L’équipe de Toll a étudié plus en détail cinq des sources d’aérosols ; elles sont situées au Canada et en Russie. Ils ont identifié près de 300 « événements de givrage » au cours des années 2000 à 2021. Sur cette base, ils ont reconstitué une séquence causale : les aérosols sont entrés dans les nuages, après quoi des cristaux de glace se sont formés et il est tombé de la neige – jusqu’à 15 millimètres par jour. La partie nuageuse affectée s’est ensuite relâchée sur une longueur parfois de plusieurs centaines de kilomètres et le rayonnement solaire y a augmenté. Ils ont observé ce phénomène surtout pendant les mois d’hiver.

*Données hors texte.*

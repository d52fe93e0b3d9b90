//! What meets at a point.

ghost use Rattle.std.specs.Prelude.{◌≡◌, ◌<◌, ◌++◌, List, Some, IfOk, OnOk, length, option_to_list};
ghost use Rattle.un_schema.specs.declared.rule.Rule.{Rule};
ghost use Rattle.std.specs.List.{list_any};
ghost use Rattle.un_schema.specs.Catalog.{any_vertex};
ghost use Rattle.un_defs.specs.Features.{row as row_of};
ghost use Rattle.un_defs.specs.Links.{only};
ghost use Rattle.un_star.specs.Meet.{pairs_of, stander, standers, joint_of_port, joints_among, end_here, ends_here, chosen_by, has_chosen_by, joins_by, noted, passes_group, TakesIn, AreGroups, IsMeeting, with_port};

use std::alloc::{AllocError, Global};
use un_defs::ports::is_joint;
use un_defs::{Port, Row, Rows};
use un_geom::Point;
use un_schema::{Class, Policy, Schema};

/// A port that stands at the point, with its row.
#[derive(Clone, Copy)]
pub(crate) struct Standing<'a> {
    pub(crate) port: Port,
    pub(crate) row: &'a Row,
}

/// What the rules ask of a device or junction.
#[derive(Clone, Copy)]
pub(crate) struct Joint {
    pub(crate) id: u64,
    pub(crate) kind: u16,
    pub(crate) terminals: u8,
}

/// What the rules ask of a vertex of a line.
#[derive(Clone, Copy)]
pub(crate) struct End {
    pub(crate) port: Port,
    pub(crate) kind: u16,
    /// The terminal that the line's end gives, 0 for none and at an inner vertex.
    pub(crate) terminal: u8,
    /// Whether it is the first or the last vertex.
    pub(crate) outer: bool,
}

/// Ends of lines of one kind that meet a device or junction at one terminal.
#[derive(Clone, Copy)]
pub(crate) struct Group {
    pub(crate) kind: u16,
    pub(crate) terminal: u8,
    /// The first of them.
    pub(crate) first: Port,
    /// Whether there is another one.
    pub(crate) several: bool,
}

/// What meets at a point.
#[derive(Drop)]
pub(crate) struct Meeting<'a> {
    pub(crate) at: Point,
    /// The ports at the point, in their order.
    pub(crate) standing: Vec<Standing<'a>>,
    pub(crate) joints: Vec<Joint>,
    pub(crate) ends: Vec<End>,
    pub(crate) groups: Vec<Group>,
}

/// Adds a port with its row, if there is one.
fn add_standing<'a, R: Rows>(
    standing: &mut Vec<Standing<'a>>,
    rows: &'a R,
    port: Port,
) -> Result<(), AllocError>
    ensures { OnOk result (pairs_of standing.new.items
        ≡ pairs_of standing.old.items ++ option_to_list (stander (R.features rows.now) port)) }
{
    if let Some(row) = rows.row(port.feature) {
        standing.push(Standing { port, row })?;
    }
    Ok(())
}

/// The ports at a point with their rows, each row looked up once.
fn standing_at<'a, R: Rows>(
    alloc: Global,
    rows: &'a R,
    p: Point,
) -> Result<Vec<Standing<'a>>, AllocError>
    ensures { IfOk result (λ standing. pairs_of standing.items ≡ standers (R.features rows.now) p) }
{
    let ports = rows.ports_at(p);
    let mut standing = Vec::with_capacity(alloc, ports.len())?;
    for port in ports {
        add_standing(&mut standing, rows, *port)?;
    }
    Ok(standing)
}

/// The device or junction of the row, if the port is its first terminal.
fn joint_here(port: Port, row: &Row) -> Option<Joint>
    ensures { result ≡ joint_of_port port row.now }
{
    if is_joint(row.class) && port.number == 1 {
        return Some(Joint {
            id: row.id,
            kind: row.kind,
            terminals: row.terminals,
        });
    }
    None
}

fn joints_here(alloc: Global, standing: &[Standing]) -> Result<Vec<Joint>, AllocError>
    ensures { IfOk result (λ joints. joints.items ≡ joints_among standing.now) }
{
    standing
        .iter()
        .filter_map(|one| joint_here(one.port, one.row))
        .collect(alloc)
}

/// Whether any vertex of a line of this kind may connect.
fn any_vertex(schema: &Schema, kind: u16) -> bool
    requires { kind < length schema.now.kinds }
    ensures { result ≡ any_vertex schema.now kind }
{
    schema.kind_at(kind).policy == Policy::AnyVertex
}

/// The vertex that the port of a row is, if it is one of a line and may connect.
pub(crate) fn end_here<R: Rows>(rows: &R, p: Point, port: Port, row: &Row) -> Option<End>
    requires { row_of (R.features rows.now) port.feature ≡ Some row.now }
    ensures { result ≡ end_here (R.catalog rows.now) (R.features rows.now) p port }
{
    if row.class != Class::Line {
        return None;
    }
    let first = port.number == 0;
    let last = usize::from(port.number) + 1 == row.shape.points().len();
    if !any_vertex(rows.schema(), row.kind) && !first && !last {
        return None;
    }
    let terminal = if first {
        row.ends[0]
    } else if last {
        row.ends[1]
    } else {
        0
    };
    Some(End {
        port: Port {
            feature: row.id,
            number: port.number,
        },
        kind: row.kind,
        terminal,
        outer: first || last,
    })
}

fn add_end(ends: &mut Vec<End>, end: Option<End>) -> Result<(), AllocError>
    ensures { OnOk result (ends.new.items ≡ ends.old.items ++ option_to_list end) }
{
    if let Some(end) = end {
        ends.push(end)?;
    }
    Ok(())
}

fn ends_here<R: Rows>(
    alloc: Global,
    rows: &R,
    p: Point,
    standing: &[Standing],
) -> Result<Vec<End>, AllocError>
    requires { pairs_of standing.now ≡ standers (R.features rows.now) p }
    ensures { IfOk result (λ ends. ends.items ≡ ends_here (R.catalog rows.now) (R.features rows.now) p) }
{
    let mut ends = Vec::new(alloc);
    for one in standing {
        add_end(&mut ends, end_here(rows, p, one.port, one.row))?;
    }
    Ok(ends)
}

/// The terminal that an end gives, or where it is 0 the only one.
pub(crate) fn chosen(end: &End, joint: &Joint) -> u8
    ensures { result ≡ chosen_by end.now joint.now }
{
    if end.terminal == 0 && joint.terminals == 1 {
        1
    } else {
        end.terminal
    }
}

/// Whether the end's terminal is there.
pub(crate) fn has_chosen(joint: &Joint, end: &End) -> bool
    ensures { result ≡ has_chosen_by joint.now end.now }
{
    let terminal = chosen(end, joint);
    1 <= terminal && terminal <= joint.terminals
}

/// The only device or junction, if there is exactly one.
pub(crate) fn only(joints: &[Joint]) -> Option<Joint>
    ensures { result ≡ only joints.now }
{
    match joints {
        [joint] => Some(*joint),
        _ => None,
    }
}

/// The group with one more end.
fn with_port(group: &Group, port: Port) -> Group
    ensures { result ≡ with_port group.now port }
{
    Group {
        kind: group.kind,
        terminal: group.terminal,
        first: group.first,
        several: group.several || group.first != port,
    }
}

/// Takes an end into the first group of its kind and terminal, or into a new one.
fn note(groups: &mut Vec<Group>, kind: u16, terminal: u8, port: Port) -> Result<(), AllocError>
    ensures { OnOk result (groups.new.items ≡ noted groups.old.items kind terminal port) }
{
    for place in 0..groups.len() {
        let group = groups[place];
        if group.kind == kind && group.terminal == terminal {
            groups[place] = with_port(&group, port);
            return Ok(());
        }
    }
    groups.push(Group {
        kind,
        terminal,
        first: port,
        several: false,
    })?;
    Ok(())
}

/// Takes an end into the groups, if its terminal is there.
fn take_in(groups: &mut Vec<Group>, joint: &Joint, end: &End) -> Result<(), AllocError>
    ensures { OnOk result ((rules : List Rule)
        → TakesIn rules joint.now end.now groups.old.items groups.new.items) }
{
    if !has_chosen(joint, end) {
        return Ok(());
    }
    note(groups, end.kind, chosen(end, joint), end.port)?;
    Ok(())
}

/// The ends whose terminal is there, by their kind and terminal.
fn groups(alloc: Global, joint: &Joint, ends: &[End]) -> Result<Vec<Group>, AllocError>
    ensures { IfOk result (λ groups. (rules : List Rule) → AreGroups rules joint.now ends.now groups.items) }
{
    let mut groups = Vec::new(alloc);
    for end in ends {
        take_in(&mut groups, joint, end)?;
    }
    Ok(groups)
}

/// What meets at a point.
pub(crate) fn meet<'a, R: Rows>(
    alloc: Global,
    rows: &'a R,
    p: Point,
) -> Result<Meeting<'a>, AllocError>
    ensures at { IfOk result (λ meeting. meeting.at ≡ p) }
    ensures meeting { IfOk result (IsMeeting (R.catalog rows.now) (R.features rows.now)) }
{
    let standing = standing_at(alloc, rows, p)?;
    let joints = joints_here(alloc, standing.as_slice())?;
    let ends = ends_here(alloc, rows, p, standing.as_slice())?;
    let groups = match only(joints.as_slice()) {
        Some(joint) => groups(alloc, &joint, ends.as_slice())?,
        None => Vec::new(alloc),
    };
    Ok(Meeting {
        at: p,
        standing,
        joints,
        ends,
        groups,
    })
}

/// Whether a rule lets an end pass through with one of the group, which is another end.
fn passes(schema: &Schema, joint: &Joint, end: &End, group: &Group) -> bool
    ensures { result ≡ passes_group schema.now.rules joint.now end.now group.now }
{
    (end.port != group.first || group.several)
        && schema.allows_through(
            joint.kind,
            chosen(end, joint),
            end.kind,
            group.terminal,
            group.kind,
        )
}

/// Whether a rule lets an end pass through with one of the groups.
fn passes_any(schema: &Schema, joint: &Joint, end: &End, groups: &[Group]) -> bool
    ensures { result ≡ list_any (passes_group schema.now.rules joint.now end.now) groups.now }
{
    groups.iter().any(|group| passes(schema, joint, end, group))
}

/// Whether the end's terminal is there, and a rule allows the end.
pub(crate) fn joins(schema: &Schema, meeting: &Meeting, joint: &Joint, end: &End) -> bool
    requires { AreGroups schema.now.rules joint.now meeting.now.ends.items meeting.now.groups.items }
    ensures { result ≡ joins_by schema.now.rules joint.now meeting.now.ends.items end.now }
{
    has_chosen(joint, end)
        && (schema.allows_edge(joint.kind, chosen(end, joint), end.kind)
            || passes_any(schema, joint, end, meeting.groups.as_slice()))
}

Ces connaissances pourraient désormais permettre de mieux comprendre l’interaction entre les aérosols et les nuages et de rendre les modèles climatiques plus précis. Mais il existe aussi un champ d’application pratique : certains nuages refroidissent l’atmosphère, d’autres la réchauffent. Si vous inoculez à ces derniers de l’iodure d’argent pour qu’il pleuve – ou qu’il neige – cela peut amortir le réchauffement climatique. Les nuages mélangés d’eau et de glace au-dessus des mers polaires, par exemple, conviennent à cet effet.
Une équipe dirigée par Diego Villanueva de l’Université de Leipzig a utilisé un modèle climatique pour simuler ce qui se passerait si la neige était enlevée en hiver. Le résultat est paru dans la revue en 2022 Lettres de recherche environnementale: La surface de la mer s’est moins réchauffée et la glace marine s’est à nouveau un peu élargie. “Cela aiderait un peu”, explique Lohmann, qui a participé aux deux études. Elle sait à quel point la géo-ingénierie est controversée, mais conseille de rechercher les méthodes afin de mieux évaluer les risques et de prendre une décision au pire.
Lohmann a déjà essayé la méthode. Au cours des trois derniers hivers, elle et son équipe ont lancé un drone équipé d’une torche à iodure d’argent sur le plateau suisse. Des appareils de mesure ont observé depuis le sol et depuis un ballon captif l’évolution des propriétés de la haute nébuleuse. «Nous avons même réussi une fois à dissiper partiellement un nuage», explique le chercheur en cloud. « Nous pouvions effectivement voir des cristaux de glace se former. »
Cependant, le processus qui conduit à la neige industrielle n’a pas encore été entièrement déchiffré. Une chose a irrité l’équipe de Velle Toll lors de l’analyse des données satellite : des nuages de glace se sont également formés dans le panache d’échappement de cinq centrales nucléaires et il a neigé. Hormis la vapeur d’eau, ces centrales électriques n’émettent pratiquement aucun polluant atmosphérique. Par conséquent, d’autres processus sont susceptibles d’être impliqués dans la formation des nuages de glace. Il est possible que les panaches d’air évacué s’élèvent et entraînent avec eux les aérosols provenant des couches proches du sol.
Dans le cas de l’usine de diffusion de gaz à Oak Ridge, la situation était similaire : beaucoup de vapeur d’eau, pratiquement aucun polluant atmosphérique. À l’époque, un employé d’une station météorologique locale soupçonnait que la source des carottes de glace provenait des émissions de poussière d’une usine de fer-manganèse située à environ 30 kilomètres de là. Les deux systèmes auraient alors assuré ensemble le « processus de formation artificielle de nuages » et les « précipitations artificielles ».